第92話、栄枯盛衰

 苦労してやっと到着した旧ブレナーク王国の王都は、かつては王都の名に相応しい隆盛を誇った、それなりの大都市だったらしい。

 王国自体は大国ってわけでもないし、むしろ世界的に見れば全然大したことない小国の部類だろう。だけど、それでも一国の王都だ。その名に相応しい、活気のある都市だったと聞き及んでたんだけどね。

 でも、これは、目の前に広がる光景は、とても文明国とは思えないありさまね。


 旧ブレナーク王国の各地では、荒らされた町もかなりの復興が進んでると聞いてるし、王都も同様だって聞いてたけど、見る限りじゃとても順調そうには見えない。
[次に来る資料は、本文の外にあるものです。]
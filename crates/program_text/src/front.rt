//! The way from a text to its program.

ghost use Rattle.std.specs.Prelude.{IfOk, IfErr};
ghost use Rattle.delta_tree.specs.Tree.{program_of as tree_of};
ghost use Rattle.program_text.specs.ProgramText.{IsTextOf, IsFault};

use crate::fault::TextFault;
use delta_lex::tokens;
use delta_parse::parse;
use delta_tree::Program;
use std::alloc::Global;

/// The program of a text. `IsTextOf` of `specs/ProgramText.antt` says which it is: the tokens of the
/// text belong to it. `IsRefusedFor` says for what each other text is refused. The laws say that but
/// for want of memory each text has one answer.
pub fn program_of(alloc: Global, text: &[u8]) -> Result<Program, TextFault>
    ensures program { IfOk result (λ p. IsTextOf text.now (tree_of p)) }
    ensures fault { IfErr result (λ fault. IsFault text.now fault) }
{
    let found = tokens(alloc, text)?;
    let program = parse(alloc, &found)?;
    Ok(program)
}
 形ばかりでまともな仕事をしてるようには見えない門番に法外な通行料を無言で支払って入った王都の荒廃ぶりには声も出ない。


 まず、瓦礫が多い。その片付けなんて、最初にやるべきことだろうに、それすらまともに終わってないようだ。資材が山積みにされてる場所はそこここに見かけるから、復興を進めていた気配だけはなんとなく感じるんだけどね。

 そんでもって、問題なのは人々だ。戦争当時には疎開して人はほとんど残ってなかったらしいけど、戻ってきたのか人は結構見かける。だけど、その人々が問題だ。本来なら復興事業で街には活気に満ちてなければおかしいところなのに、とにかく暗い。人々は俯き、ボロを纏ったみすぼらしい人が大半だ。炊き出しに並ぶ人も目が虚ろだし、立ち上がる力も湧かないのか痩せ衰えた体で寝ころんだままの人も多く見かける。


 王都が誇るメインストリートでこの惨状だ。裏通りなんて見に行く気も起きない。

「ユカリ、こいつはどうなってんだ? 王都はもっと賑わってるもんだと思ってたがな」

 バイクを私の横に付けてきたオフィリアも不思議顔だ。もちろん、まともな服装の人だっているんだけど、その対比というか格差が酷すぎる。

「なんだか想像と違うわね。ゲルドーダス侯爵家に殴り込んだ後は、ゼノビアとカロリーヌに挨拶してちょっと遊んでから帰ろうか思ってたんだけどね。遊んでられる空気じゃないわね、ここは」

 ずっと前に女子再教育収容所で一緒だった、傭兵のゼノビアと娼婦の元締めのカロリーヌはこの王都にいるはず。もし力が必要なら手伝ってやる必要も出てくるかもしれない。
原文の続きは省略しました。